Normally, I wouldn't care, but look at the trend. Average (well, used to be) RTT to anything in Manhattan is roughtly 3 ms. NAC is one of Voxel's transit providers, and Telia is one of NAC's. Ironically, Voxel had network capacity upgrades on the 19th and 20th. They also have Level(3) as transit, but I suppose are now taking advantage of hot potato routing (BGP) in order to whisk packets from inexpensive servers (mine) out cheaper transit (NAC).

Oh, yeah, this is killing my IPv6 latency :P

I took a trip to Asheville over the weekend, and passed by the Biltmore Estate. Huge house; complete with electricity and clock synchronization, so all the guests' tea and crumpets arrived on time.

Front view:

Inside (whoops, no photography):

Roof:

Top, again:

If you haven't been living under a rock for the past year, you might know that daylight savings time (DST) is changing. From The Energy Policy Act of 2005:

The bill amends the Uniform Time Act of 1966 by changing the start and end dates of daylight saving time starting in 2007. Clocks will be set ahead one hour on the second Sunday of March (March 11, 2007) instead of the current first Sunday of April (April 1, 2007). Clocks will be set back one hour on the first Sunday in November (November 4, 2007), rather than the last Sunday of October (October 28, 2007). This will make electronic clocks that had pre-programmed dates for adjusting to daylight saving time obsolete and will require updates to computer operating systems.

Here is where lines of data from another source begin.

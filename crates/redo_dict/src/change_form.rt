//! Which changes a table accepts: its cells, the types of their values, and what an UPDATE logs of the row.
ghost use Rattle.std.specs.Prelude.{◌≡◌, ◌≤◌, ◌+◌, length, slice_get, nat_le, not, ◌||◌, ◌&&◌, filter, Option, Some, None};
ghost use Rattle.std.specs.List.{list_any, list_all};
ghost use Rattle.redo_spec.specs.Dictionary.{primary_of, uniques_of, column_numbers, numbers_from};
ghost use Rattle.redo_spec.specs.ChangeForm.{change_fault_in, has_column, has_cell, beyond, wrong_cells, cells_fit, is_supplemental, wrong_supplement, fits_at, columns_of};
ghost use Rattle.rl_value.specs.Order.{same_bytes};
ghost use Rattle.redo_dict.specs.Refusals.{Accepts};

use crate::fault::ChangeFault;
use crate::row_form::value_fits_at;
use crate::table_form::primary_key_of;
use redo_vec::{Change, Column, KeyColumns, Op, TableRow};
use rl_value::Value;

fn has_column_of(columns: &[u8], column: u8) -> bool
    ensures { result ≡ has_column columns.now column }
{
    columns.iter().any(|other| *other == column)
}

fn has_cell_of(cells: &[(u8, Value)], column: u8) -> bool
    ensures { result ≡ has_cell cells.now column }
{
    cells.iter().any(|cell| cell.0 == column)
}

// A cell is of a column that the table has not.
fn is_beyond(columns: &[Column], cells: &[(u8, Value)]) -> bool
    ensures { result ≡ list_any (λ cell. nat_le (length columns.now) cell.0) cells.now }
{
    cells.iter().any(|cell| columns.len() <= cell.0 as usize)
}

// The cells are not those that this kind of change wants.
fn are_wrong_cells(table: &TableRow, op: Op, old: &[(u8, Value)], new: &[(u8, Value)]) -> bool
    ensures { result ≡ wrong_cells table.now op old.now new.now }
{
    let count = table.columns.items().len();
    match op {
        Op::Insert => !(old.is_empty() && new.len() == count),
        Op::Update => new.is_empty(),
        Op::Delete => !(new.is_empty() && old.len() == count),
    }
}

fn cell_fits(columns: &[Column], cell: &(u8, Value)) -> bool
    ensures { result ≡ fits_at (slice_get columns.now cell.now.0) cell.now.1 }
{
    value_fits_at(columns, cell.0, &cell.1)
}

fn do_cells_fit(columns: &[Column], cells: &[(u8, Value)]) -> bool
    ensures { result ≡ list_all (λ cell. fits_at (slice_get columns.now cell.0) cell.1) cells.now }
{
    cells.iter().all(|cell| cell_fits(columns, cell))
}

fn sets_one_of(key: &[u8], new: &[(u8, Value)]) -> bool
    ensures { result ≡ list_any (has_cell new.now) key.now }
{
    key.iter().any(|column| has_cell_of(new, *column))
}

fn is_set_key_with(key: &KeyColumns, new: &[(u8, Value)], column: u8) -> bool
    ensures { result ≡ (has_column key.now column && list_any (has_cell new.now) key.now) }
{
    has_column_of(key.items(), column) && sets_one_of(key.items(), new)
}

// The columns of each unique key.
fn unique_keys_of(table: &TableRow) -> &[KeyColumns]
    ensures { result.now ≡ uniques_of table.now }
{
    match table.keys.items() {
        [] => &[],
        [_, uniques @ ..] => uniques,
    }
}

fn is_in_set_key(keys: &[KeyColumns], new: &[(u8, Value)], column: u8) -> bool
    ensures { result ≡ list_any (λ key. has_column key column && list_any (has_cell new.now) key) keys.now }
{
    keys.iter().any(|key| is_set_key_with(key, new, column))
}

// The old value of the column is logged where these cells are set.
fn is_logged(table: &TableRow, new: &[(u8, Value)], column: u8) -> bool
    ensures { result ≡ is_supplemental table.now new.now column }
{
    has_column_of(primary_key_of(table), column)
        || has_cell_of(new, column)
        || is_in_set_key(unique_keys_of(table), new, column)
}

// The old columns are exactly those that have to be logged.
fn logs_enough(table: &TableRow, old: &[(u8, Value)], new: &[(u8, Value)]) -> bool
    ensures { result ≡ same_bytes (columns_of old.now) (filter (is_supplemental table.now new.now) (column_numbers table.now)) }
{
    let mut columns = table.columns.items();
    let mut column = 0;
    let mut rest = old;
    while let [_, more @ ..] = columns {
        if is_logged(table, new, column) {
            let [(found, _), others @ ..] = rest else {
                return false;
            };
            if *found != column {
                return false;
            }
            rest = others;
        }
        columns = more;
        column += 1;
    }
    rest.is_empty()
}

fn is_wrong_supplement(table: &TableRow, op: Op, old: &[(u8, Value)], new: &[(u8, Value)]) -> bool
    ensures { result ≡ wrong_supplement table.now op old.now new.now }
{
    match op {
        Op::Update => !logs_enough(table, old, new),
        Op::Insert | Op::Delete => false,
    }
}

/// Whether the table accepts the change; else the first reason. It takes no memory.
pub fn check_in(table: &TableRow, change: &Change) -> Result<(), ChangeFault>
    ensures { Accepts (change_fault_in table.now change.now) result }
{
    let columns = table.columns.items();
    let old = change.old.cells();
    let new = change.new.cells();
    if is_beyond(columns, old)
        || is_beyond(columns, new)
        || are_wrong_cells(table, change.op, old, new)
    {
        return Err(ChangeFault::Columns);
    }
    if !(do_cells_fit(columns, old) && do_cells_fit(columns, new)) {
        return Err(ChangeFault::Types);
    }
    if is_wrong_supplement(table, change.op, old, new) {
        return Err(ChangeFault::Supplement);
    }
    Ok(())
}
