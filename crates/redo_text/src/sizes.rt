//! How many bytes a change vector is spelled in, so that a record is known to be too long before it is spelled.
ghost use Rattle.std.specs.Prelude.{◌≡◌, ◌≤◌, ◌+◌, length, IsTrue};
ghost use Rattle.std.specs.List.{flat_map};
ghost use Rattle.rl_value.specs.Text.{are_cells};
ghost use Rattle.redo_vec.specs.Forms.{is_key_columns};
ghost use Rattle.redo_vec.specs.Spelling.{value, cell, cells, change, name, column, key, keys, table, vector};

use redo_lines::few_columns;
use redo_vec::{Change, Column, KeyColumns, KeyLists, Line30, TableRow, Vector};
use rl_value::{Cells, Value};

fn value_size(item: &Value) -> usize
    ensures size { result ≡ length (value item.now) }
    ensures small { result ≤ 503 }
{
    match item {
        Value::Null => 1,
        Value::Number(_) => 9,
        Value::Text(text) => 3 + text.bytes().len(),
        Value::Raw(raw) => 3 + raw.bytes().len(),
    }
}

fn each_cell_size(items: &[(u8, Value)]) -> usize
    requires { length items.now ≤ 32 }
    ensures size { result ≡ length (flat_map cell items.now) }
    ensures small { result ≤ 16128 }
{
    let mut size = 0;
    for item in items {
        size = size + 1 + value_size(&item.1);
    }
    size
}

#[tactic(auto, using(crate::proofs::Forms::cells_few))]
fn few_cells(list: &Cells) -> &[(u8, Value)]
    ensures same { result.now ≡ list.now }
    ensures few { length result.now ≤ 32 }
{
    list.cells()
}

fn cells_size(list: &Cells) -> usize
    ensures size { result ≡ length (cells list.now) }
    ensures small { result ≤ 16129 }
{
    1 + each_cell_size(few_cells(list))
}

fn change_size(told: &Change) -> usize
    ensures size { result ≡ length (change told.now) }
    ensures small { result ≤ 32271 }
{
    13 + cells_size(&told.old) + cells_size(&told.new)
}

#[tactic(auto, using(crate::proofs::Forms::word_few))]
fn name_size(line: &Line30) -> usize
    ensures size { result ≡ length (name line.now) }
    ensures small { result ≤ 31 }
{
    1 + line.items().len()
}

fn column_size(told: &Column) -> usize
    ensures size { result ≡ length (column told.now) }
    ensures small { result ≤ 35 }
{
    name_size(&told.name) + 4
}

fn each_column_size(items: &[Column]) -> usize
    requires { length items.now ≤ 32 }
    ensures size { result ≡ length (flat_map column items.now) }
    ensures small { result ≤ 1120 }
{
    let mut size = 0;
    for item in items {
        size = size + column_size(item);
    }
    size
}

fn key_size(columns: &KeyColumns) -> usize
    ensures size { result ≡ length (key columns.now) }
    ensures small { result ≤ 33 }
{
    1 + columns.items().len()
}

fn each_key_size(items: &[KeyColumns]) -> usize
    requires { length items.now ≤ 4 }
    ensures size { result ≡ length (flat_map key items.now) }
    ensures small { result ≤ 132 }
{
    let mut size = 0;
    for item in items {
        size = size + key_size(item);
    }
    size
}

#[tactic(auto, using(crate::proofs::Forms::keys_few))]
fn few_keys(list: &KeyLists) -> &[KeyColumns]
    ensures same { result.now ≡ list.now }
    ensures few { length result.now ≤ 5 }
{
    list.items()
}

fn keys_size(list: &KeyLists) -> usize
    ensures size { result ≡ length (keys list.now) }
    ensures small { result ≤ 166 }
{
    match few_keys(list) {
        [] => 0,
        [primary, uniques @ ..] => key_size(primary) + 1 + each_key_size(uniques),
    }
}

fn table_size(told: &TableRow) -> usize
    ensures size { result ≡ length (table told.now) }
    ensures small { result ≤ 1349 }
{
    let names = name_size(&told.schema) + name_size(&told.name);
    names + 1 + each_column_size(few_columns(&told.columns)) + keys_size(&told.keys)
}

/// The bytes of a vector.
pub(crate) fn vector_size(told: &Vector) -> usize
    ensures size { result ≡ length (vector told.now) }
    ensures small { result ≤ 32271 }
{
    match told {
        Vector::Start(_) => 9,
        Vector::Change(told) => change_size(told),
        Vector::Undo(_) => 9,
        Vector::Commit(_) => 9,
        Vector::Rollback(_) => 9,
        Vector::Table(told) => 5 + table_size(told),
        Vector::DictEnd => 1,
    }
}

Along with possibly fattening up your kids by increasing daylight on Halloween, this requires most operating systems to be patched to compensate for the whims of the US government. Some Unix-like systems can be patched by doing the following:

Gentoo GNU/Linux: emerge sync && emerge sys-libs/timezone-data, assuming you're on a current profile
Debian and Ubuntu GNU/Linux: apt-get update && apt-get install tzdata
FreeBSD (other than >= 6.2): portinstall misc/zoneinfo or sync sources and rebuild world
Solaris 10 for SPARC: Grab patches 124630-03 and 119081-25 (or later) from Sun

Those are really the only operating systems I care about. I couldn't test the Solaris patch, since little ol' me doesn't have an expensive support contract, and 119081-25 isn't available to the general public. I suppose my Ultra 10 will have to suffer for a few weeks. Pity.

Network gear is affected, too. However, I suggest just switching to UTC, as it'll make your life easier.